━━━ DATA EXTRACT ━━━
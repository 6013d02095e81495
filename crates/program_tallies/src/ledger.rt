//! Counts refusals by kind, for all threads.
use crate::refusals::{RefusalCase, RefusalKind};
use std::alloc::{AllocError, Global};
use std::net::SocketAddr;
use std::sync::atomic::{AtomicU64, Ordering};
use std::sync::{Mutex, Wait};

// Room for this many kinds: more than there are numbers of refusals and of decode faults.
const KINDS: usize = 64;

/// Counts refusals by kind, for all threads. Its memory is allocated when it is opened, so noting a refusal allocates
/// nothing.
#[derive(Drop)]
pub struct Ledger {
    cases: Mutex<Vec<RefusalCase>>,
    total: AtomicU64,
}

impl Ledger {
    /// An empty ledger.
    pub fn new(alloc: Global) -> Result<Ledger, AllocError> {
        Ok(Ledger {
            cases: Mutex::new(Vec::with_capacity(alloc, KINDS)?),
            total: AtomicU64::new(0),
        })
    }

    /// Notes a refusal at a moment, in milliseconds since 1970: of a datagram with these octets, or of a command,
    /// without octets.
    pub fn note<R: Wait>(
        &self,
        rt: &R,
        kind: RefusalKind,
        at: u64,
        from: Option<SocketAddr>,
        octets: &[u8],
    ) {
        let mut cases = self.cases.lock(rt);
        note_in(&mut cases, kind, at, from, octets);
        let _before = self.total.fetch_add(1, Ordering::Relaxed);
    }

    /// How many refusals there were. Takes no lock.
    pub fn total(&self) -> u64 {
        self.total.load(Ordering::Relaxed)
    }

    /// The kinds refused so far, in the order in which each first came up.
    pub fn cases<R: Wait>(&self, rt: &R, alloc: Global) -> Result<Vec<RefusalCase>, AllocError> {
        Vec::from_slice(alloc, self.cases.lock(rt).as_slice())
    }

    /// The kinds with refusals that no event has reported. They count as reported from then on.
    pub fn take_unreported<R: Wait>(
        &self,
        rt: &R,
        alloc: Global,
    ) -> Result<Vec<RefusalCase>, AllocError> {
        let mut cases = self.cases.lock(rt);
        let mut due = Vec::with_capacity(alloc, cases.len())?;
        for case in cases.iter_mut() {
            if case.unreported() > 0 {
                due.push(*case)?;
                case.reported = case.count;
            }
        }
        Ok(due)
    }
}

// Notes a refusal under its kind. There is room for all kinds.
fn note_in(
    cases: &mut Vec<RefusalCase>,
    kind: RefusalKind,
    at: u64,
    from: Option<SocketAddr>,
    octets: &[u8],
) {
    for case in cases.iter_mut() {
        if case.kind == kind {
            case.note(at, from, octets);
            return;
        }
    }
    let mut case = RefusalCase::new(kind);
    case.note(at, from, octets);
    let _there_is_room = cases.push(case);
}
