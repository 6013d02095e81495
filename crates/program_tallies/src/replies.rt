//! Replies that a peer may ask for at will: echoes of ended transactions, and responses to Prompts.
ghost use Rattle.std.specs.Prelude.{◌≡◌, ◌+◌, ◌≤◌, IfSome};
ghost use Rattle.program_tallies.specs.Replies.{after_one, used_in};

use std::sync::atomic::{AtomicU64, Ordering};

// How many replies leave for an entity in a second if its link has no limit.
const MOST_REPLIES: u64 = 100;

const MILLISECONDS_A_SECOND: u64 = 1_000;

// A window is one number: the second times this, plus what was used up.
const SECOND: u64 = 1 << 32;

// How many times a thread tries to note a reply while others note theirs.
const TRIES: u32 = 8;

/// What left in a second.
#[derive(Clone, Copy, Debug, PartialEq, Eq)]
pub struct Window {
    pub second: u64,
    pub used: u64,
}

impl Window {
    /// The window once a reply of this cost left in a second. `None` if it may not leave, because more than `most`
    /// would leave. The first one of a second always leaves.
    pub fn after_one(self, second: u64, cost: u64, most: u64) -> Option<Window>
        ensures { result ≡ after_one second cost most self }
    {
        let used = self.used_in(second);
        let total = used.checked_add(cost);
        match total {
            Some(total) if used == 0 || total <= most => Some(Window {
                second,
                used: total,
            }),
            _ => None,
        }
    }

    // What left in a second so far.
    fn used_in(self, second: u64) -> u64
        ensures { result ≡ used_in second self }
    {
        if self.second == second { self.used } else { 0 }
    }
}

/// What may leave for one remote entity, as all threads see it.
#[derive(Drop)]
pub(crate) struct Replies {
    /// Octets a second, or 0 if only the number of replies is limited.
    limit: AtomicU64,
    window: AtomicU64,
}

impl Replies {
    /// Nothing left so far, and the link has no limit.
    pub(crate) fn new() -> Replies {
        Replies {
            limit: AtomicU64::new(0),
            window: AtomicU64::new(0),
        }
    }

    /// Limits the octets that leave in a second.
    pub(crate) fn limit(&self, octets: u64) {
        self.limit.store(octets, Ordering::Relaxed);
    }

    /// How many octets may leave in a second, if that is limited.
    pub(crate) fn limited(&self) -> Option<u64> {
        match self.limit.load(Ordering::Relaxed) {
            0 => None,
            octets => Some(octets),
        }
    }

    /// Notes a reply of so many octets that is to leave at a moment of the runtime's clock, in milliseconds. Returns
    /// whether it may leave.
    pub(crate) fn may_leave(&self, octets: u64, now: u64) -> bool {
        let (cost, most) = match self.limited() {
            None => (1, MOST_REPLIES),
            Some(limit) => (octets, limit.min(SECOND - 1)),
        };
        let second = now / MILLISECONDS_A_SECOND;
        for _ in 0..TRIES {
            let bits = self.window.load(Ordering::Relaxed);
            let Some(next) = window_of(bits).after_one(second % SECOND, cost, most) else {
                return false;
            };
            let changed = self
                .window
                .compare_exchange(bits, bits_of(next), Ordering::Relaxed, Ordering::Relaxed);
            if changed.is_ok() {
                return true;
            }
        }
        false
    }
}

fn window_of(bits: u64) -> Window {
    Window {
        second: bits / SECOND,
        used: bits % SECOND,
    }
}

fn bits_of(window: Window) -> u64 {
    (window.second % SECOND)
        .saturating_mul(SECOND)
        .saturating_add(window.used.min(SECOND - 1))
}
━━━
» YOUR ASSIGNMENT:
Where a line in the records above includes the string "const", show it.

» WORKED SOLUTION:
const KINDS: usize = 64;
const MOST_REPLIES: u64 = 100;
const MILLISECONDS_A_SECOND: u64 = 1_000;
const SECOND: u64 = 1 << 32;
const TRIES: u32 = 8;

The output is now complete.